Problem to work on | Extract every line of the material below and reproduce it faithfully.

┄┄┄┄┄┄┄┄┄┄

// ASN.1 values in JSON (X.697) as document 01 lays them down: the answers of the calls, and in `specs/` what they mean.
// Contracts of the crates above cite `specs/`; `specs/Answer.antt` gives document 01's number and values for each case.
#![tactic(auto)]

ghost use Rattle.std.specs.Prelude.{◌≡◌};
ghost use Rattle.jer.specs.Answer.{cause_number, table_number, limit_number, values_of};
ghost use Rattle.jer.specs.Reports.{reported_of};
ghost use Rattle.jer.specs.declared.Limit.TheVariants.{LentRoom};
ghost use Rattle.jer.specs.declared.Refusal.TheVariants.{Amounts};

// Why a text is refused at one of its bytes.
#[derive(Clone, Copy, PartialEq, Eq, Debug)]
pub enum Cause {
    // The text is over 65,536 bytes.
    TooLong,
    // Not JSON.
    NotJson,
    // A 33rd open bracket.
    TooDeep,
    // A token of another kind.
    OtherKind,
    // A number with fraction or exponent, or outside the range.
    BadNumber,
    // Bad octets, or no such item and not extensible.
    BadString,
    // An unknown name, not extensible.
    UnknownName,
    // A known name repeated.
    RepeatedName,
    // The member at this position is missing.
    Missing(u32),
    // A surplus element.
    Surplus,
    // A choice object without exactly one member.
    NotOne,
    // An item or alternative that is unknown, extensible.
    Unknown,
}

// Which table is refused at one of its rows.
#[derive(Clone, Copy, PartialEq, Eq, Debug)]
pub enum Which {
    TypeTable,
    ValueTable,
}

// What is too large for its room: a written text for the house size, or an answer for the lent room.
#[derive(Clone, Copy, PartialEq, Eq, Debug)]
pub enum Limit {
    HouseSize,
    LentRoom,
}

// A refusal, by what it returns beside its number.
#[derive(Clone, Copy, PartialEq, Eq, Debug)]
pub enum Refusal {
    AtByte(Cause, usize),
    AtRow(Which, usize),
    Amounts(Limit, u64, u64),
}

// How many rows and pool bytes a value has.
#[derive(Clone, Copy, PartialEq, Eq, Debug)]
pub struct Counts {
    pub rows: usize,
    pub pool: usize,
}

impl Counts {
    // Refuses for want of room, which so much would need.
    pub fn needed(self) -> Refusal
        ensures { result ≡ Amounts LentRoom self.rows self.pool }
    {
        Refusal::Amounts(Limit::LentRoom, self.rows as u64, self.pool as u64)
    }
}

// How a row of the type table uses its fields from 2 on.
#[derive(Clone, Copy, PartialEq, Eq, Debug)]
pub enum Layout {
    // Not at all.
    Bare,
    // First member row, how many members (at least so many), how many of them are root.
    Holds(u32),
    // The element's type row.
    Lists,
    // A member: its type row, its name's start and length.
    Names,
    // A row of no kind.
    Unknown,
}

// The JSON token that a value begins with.
#[derive(Clone, Copy, PartialEq, Eq, Debug)]
pub enum Token {
    Null,
    Boolean,
    Number,
    String,
    Array,
    Object,
}

// What a row of a kind carries.
#[derive(Clone, Copy, PartialEq, Eq, Debug)]
pub struct Carried {
    // The sum of the marks that it may have.
    pub marks: u32,
    pub layout: Layout,
    // Of a type, the token that a value begins with: without mark 1, and with it.
    pub token: Option<Token>,
    pub other: Option<Token>,
}

// Document 01's number of a refusal, with its first and second amount.
#[derive(Clone, Copy, PartialEq, Eq, Debug)]
pub struct Reported {
    pub number: u32,
    pub first: u64,
    pub second: u64,
}

impl Cause {
    fn number(self) -> u32
        ensures { result ≡ cause_number self }
    {
        match self {
            Cause::TooLong => 2,
            Cause::NotJson => 3,
            Cause::TooDeep => 4,
            Cause::OtherKind => 5,
            Cause::BadNumber => 6,
            Cause::BadString => 7,
            Cause::UnknownName => 8,
            Cause::RepeatedName => 9,
            Cause::Missing(_) | Cause::Surplus | Cause::NotOne => 10,
            Cause::Unknown => 11,
        }
    }
}

impl Which {
    fn number(self) -> u32
        ensures { result ≡ table_number self }
    {
        match self {
            Which::TypeTable => 1,
            Which::ValueTable => 12,
        }
    }
}

impl Limit {
    fn number(self) -> u32
        ensures { result ≡ limit_number self }
    {
        match self {
            Limit::HouseSize => 13,
            Limit::LentRoom => 14,
        }
    }
}

// What document 01's table of refusals gives for a refusal.
impl From<Refusal> for Reported {
    ghost from_gives = { λ e r. r ≡ reported_of (values_of e) };

    fn from(e: Refusal) -> Reported {
        match e {
            Refusal::AtByte(c, p) => Reported {
                number: c.number(),
                first: p as u64,
                second: 0,
            },
            Refusal::AtRow(w, row) => Reported {
                number: w.number(),
                first: row as u64,
                second: 0,
            },
            Refusal::Amounts(l, first, second) => Reported {
                number: l.number(),
                first,
                second,
            },
        }
    }
}
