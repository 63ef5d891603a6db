// A run file's ladder as text: functions from the whole input to the whole output.
#![tactic(auto)]

mod climb;
mod data;
mod run;
mod start;
mod text;

pub use text::{TEXT_MOST, print_if_room, print_ladder};
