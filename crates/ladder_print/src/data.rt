// The buffers that a ladder's run is lent.
ghost use Rattle.std.specs.Prelude.{◌≡◌, map, ◌≤◌, length};
ghost use Rattle.ladder_text.specs.Words.{fate_number};
ghost use Rattle.ladder_text.specs.RunFile.{fates_at};
ghost use Rattle.ladder_text.specs.Place.{placed};
ghost use Rattle.ladder_print.specs.Text.{data_of};

// The numbers of the fates from place `from` of the input on; how many there are.
#[tactic(auto, using(crate::proofs::Filled::gathering_first, crate::proofs::Filled::next_later, crate::proofs::Filled::gathering_next))]
pub(crate) fn gather(input: &[u8], from: usize, fates: &mut [u8]) -> usize
    requires { length (fates_at input.now from) ≤ length fates.old }
    ensures { (result ≡ length (fates_at input.now from)) × (fates.new ≡ placed fates.old 0 (map fate_number (fates_at input.now from))) }
{
    // A `for` over `fates` is no plainer: it also ends where the buffer is full, with a second answer.
    let mut at = from;
    let mut n = 0;
    while at < input.len() {
        let f = ladder_text::next_fate(input, at);
        fates[n] = u8::from(f.fate);
        n += 1;
        at = f.next;
    }
    n
}

// "Byte i is the remainder of i by 256".
#[tactic(auto, using(crate::proofs::Filled::filled))]
pub(crate) fn fill(d: &mut [u8])
    ensures { d.new ≡ data_of (length d.old) }
{
    for (i, x) in d.iter_mut().enumerate() {
        *x = (i % 256) as u8;
    }
}
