// The lines of a ladder, one below the other.
// The fates stay bytes: see ladder_run src/fates.rt.
ghost use Rattle.ladder_run.specs.Whole.{whole_of};
ghost use Rattle.ladder_print.specs.Text.{whole_text};
ghost use Rattle.ladder_print.specs.Room.{Tries};

use ladder_run::{Ladder, Line};

// The ladder's rows and its verdict, from the front of `out` on; how many bytes, or `None` where a line has no room.
pub(crate) fn climb_if_room(
    start: Ladder,
    fates: &[u8],
    source: &[u8],
    received: &mut [u8],
    out: &mut [u8],
) -> Option<usize>
    ensures { Tries (whole_text fates.now (whole_of fates.now source.now start received.old)) out.old result out.new }
{
    let mut l = start;
    let mut at = 0;
    for _ in 0..=Ladder::ROWS_MOST {
        let x = ladder_run::next_line(l, fates, source, received);
        l = x.ladder;
        let Line::Row(r) = x.line else { break };
        at = ladder_text::put_ended(out, at, r, b'\n')?;
    }
    ladder_text::put_ended(out, at, ladder_run::verdict(l, fates), b'\n')
}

┄┄┄┄┄┄┄┄┄┄

Response |
// ASN.1 values in JSON (X.697) as document 01 lays them down: the answers of the calls, and in `specs/` what they mean.
// Contracts of the crates above cite `specs/`; `specs/Answer.antt` gives document 01's number and values for each case.
#![tactic(auto)]

ghost use Rattle.std.specs.Prelude.{◌≡◌};
ghost use Rattle.jer.specs.Answer.{cause_number, table_number, limit_number, values_of};
ghost use Rattle.jer.specs.Reports.{reported_of};
ghost use Rattle.jer.specs.declared.Limit.TheVariants.{LentRoom};
ghost use Rattle.jer.specs.declared.Refusal.TheVariants.{Amounts};

// Why a text is refused at one of its bytes.
#[derive(Clone, Copy, PartialEq, Eq, Debug)]
pub enum Cause {
    // The text is over 65,536 bytes.
    TooLong,
    // Not JSON.
    NotJson,
    // A 33rd open bracket.
    TooDeep,
    // A token of another kind.
    OtherKind,
    // A number with fraction or exponent, or outside the range.
    BadNumber,
    // Bad octets, or no such item and not extensible.
    BadString,
    // An unknown name, not extensible.
    UnknownName,
    // A known name repeated.
    RepeatedName,
    // The member at this position is missing.
    Missing(u32),
    // A surplus element.
    Surplus,
    // A choice object without exactly one member.
    NotOne,
    // An item or alternative that is unknown, extensible.
    Unknown,
}

// Which table is refused at one of its rows.
#[derive(Clone, Copy, PartialEq, Eq, Debug)]
pub enum Which {
    TypeTable,
    ValueTable,
}

// What is too large for its room: a written text for the house size, or an answer for the lent room.
#[derive(Clone, Copy, PartialEq, Eq, Debug)]
pub enum Limit {
    HouseSize,
    LentRoom,
}

// A refusal, by what it returns beside its number.
#[derive(Clone, Copy, PartialEq, Eq, Debug)]
pub enum Refusal {
    AtByte(Cause, usize),
    AtRow(Which, usize),
    Amounts(Limit, u64, u64),
}

// How many rows and pool bytes a value has.
#[derive(Clone, Copy, PartialEq, Eq, Debug)]
pub struct Counts {
    pub rows: usize,
    pub pool: usize,
}

impl Counts {
    // Refuses for want of room, which so much would need.
    pub fn needed(self) -> Refusal
        ensures { result ≡ Amounts LentRoom self.rows self.pool }
    {
        Refusal::Amounts(Limit::LentRoom, self.rows as u64, self.pool as u64)
    }
}

// How a row of the type table uses its fields from 2 on.
#[derive(Clone, Copy, PartialEq, Eq, Debug)]
pub enum Layout {
    // Not at all.
    Bare,
    // First member row, how many members (at least so many), how many of them are root.
    Holds(u32),
    // The element's type row.
    Lists,
    // A member: its type row, its name's start and length.
    Names,
    // A row of no kind.
    Unknown,
}

// The JSON token that a value begins with.
#[derive(Clone, Copy, PartialEq, Eq, Debug)]
pub enum Token {
    Null,
    Boolean,
    Number,
    String,
    Array,
    Object,
}

// What a row of a kind carries.
#[derive(Clone, Copy, PartialEq, Eq, Debug)]
pub struct Carried {
    // The sum of the marks that it may have.
    pub marks: u32,
    pub layout: Layout,
    // Of a type, the token that a value begins with: without mark 1, and with it.
    pub token: Option<Token>,
    pub other: Option<Token>,
}

// Document 01's number of a refusal, with its first and second amount.
#[derive(Clone, Copy, PartialEq, Eq, Debug)]
pub struct Reported {
    pub number: u32,
    pub first: u64,
    pub second: u64,
}

impl Cause {
    fn number(self) -> u32
        ensures { result ≡ cause_number self }
    {
        match self {
            Cause::TooLong => 2,
            Cause::NotJson => 3,
            Cause::TooDeep => 4,
            Cause::OtherKind => 5,
            Cause::BadNumber => 6,
            Cause::BadString => 7,
            Cause::UnknownName => 8,
            Cause::RepeatedName => 9,
            Cause::Missing(_) | Cause::Surplus | Cause::NotOne => 10,
            Cause::Unknown => 11,
        }
    }
}

impl Which {
    fn number(self) -> u32
        ensures { result ≡ table_number self }
    {
        match self {
            Which::TypeTable => 1,
            Which::ValueTable => 12,
        }
    }
}

impl Limit {
    fn number(self) -> u32
        ensures { result ≡ limit_number self }
    {
        match self {
            Limit::HouseSize => 13,
            Limit::LentRoom => 14,
        }
    }
}

// What document 01's table of refusals gives for a refusal.
impl From<Refusal> for Reported {
    ghost from_gives = { λ e r. r ≡ reported_of (values_of e) };

    fn from(e: Refusal) -> Reported {
        match e {
            Refusal::AtByte(c, p) => Reported {
                number: c.number(),
                first: p as u64,
                second: 0,
            },
            Refusal::AtRow(w, row) => Reported {
                number: w.number(),
                first: row as u64,
                second: 0,
            },
            Refusal::Amounts(l, first, second) => Reported {
                number: l.number(),
                first,
                second,
            },
        }
    }
}
repository 63ef5d891603a6db
// A run file's ladder as text: functions from the whole input to the whole output.
#![tactic(auto)]

mod climb;
mod data;
mod run;
mod start;
mod text;

pub use text::{TEXT_MOST, print_if_room, print_ladder};
filename crates/ladder_print/src/data.rt
// The buffers that a ladder's run is lent.
ghost use Rattle.std.specs.Prelude.{◌≡◌, map, ◌≤◌, length};
ghost use Rattle.ladder_text.specs.Words.{fate_number};
ghost use Rattle.ladder_text.specs.RunFile.{fates_at};
ghost use Rattle.ladder_text.specs.Place.{placed};
ghost use Rattle.ladder_print.specs.Text.{data_of};

// The numbers of the fates from place `from` of the input on; how many there are.
#[tactic(auto, using(crate::proofs::Filled::gathering_first, crate::proofs::Filled::next_later, crate::proofs::Filled::gathering_next))]
pub(crate) fn gather(input: &[u8], from: usize, fates: &mut [u8]) -> usize
    requires { length (fates_at input.now from) ≤ length fates.old }
    ensures { (result ≡ length (fates_at input.now from)) × (fates.new ≡ placed fates.old 0 (map fate_number (fates_at input.now from))) }
{
    // A `for` over `fates` is no plainer: it also ends where the buffer is full, with a second answer.
    let mut at = from;
    let mut n = 0;
    while at < input.len() {
        let f = ladder_text::next_fate(input, at);
        fates[n] = u8::from(f.fate);
        n += 1;
        at = f.next;
    }
    n
}

// "Byte i is the remainder of i by 256".
#[tactic(auto, using(crate::proofs::Filled::filled))]
pub(crate) fn fill(d: &mut [u8])
    ensures { d.new ≡ data_of (length d.old) }
{
    for (i, x) in d.iter_mut().enumerate() {
        *x = (i % 256) as u8;
    }
}
// The lines of a ladder, one below the other.
// The fates stay bytes: see ladder_run src/fates.rt.
ghost use Rattle.ladder_run.specs.Whole.{whole_of};
ghost use Rattle.ladder_print.specs.Text.{whole_text};
ghost use Rattle.ladder_print.specs.Room.{Tries};

use ladder_run::{Ladder, Line};

// The ladder's rows and its verdict, from the front of `out` on; how many bytes, or `None` where a line has no room.
pub(crate) fn climb_if_room(
    start: Ladder,
    fates: &[u8],
    source: &[u8],
    received: &mut [u8],
    out: &mut [u8],
) -> Option<usize>
    ensures { Tries (whole_text fates.now (whole_of fates.now source.now start received.old)) out.old result out.new }
{
    let mut l = start;
    let mut at = 0;
    for _ in 0..=Ladder::ROWS_MOST {
        let x = ladder_run::next_line(l, fates, source, received);
        l = x.ladder;
        let Line::Row(r) = x.line else { break };
        at = ladder_text::put_ended(out, at, r, b'\n')?;
    }
    ladder_text::put_ended(out, at, ladder_run::verdict(l, fates), b'\n')
}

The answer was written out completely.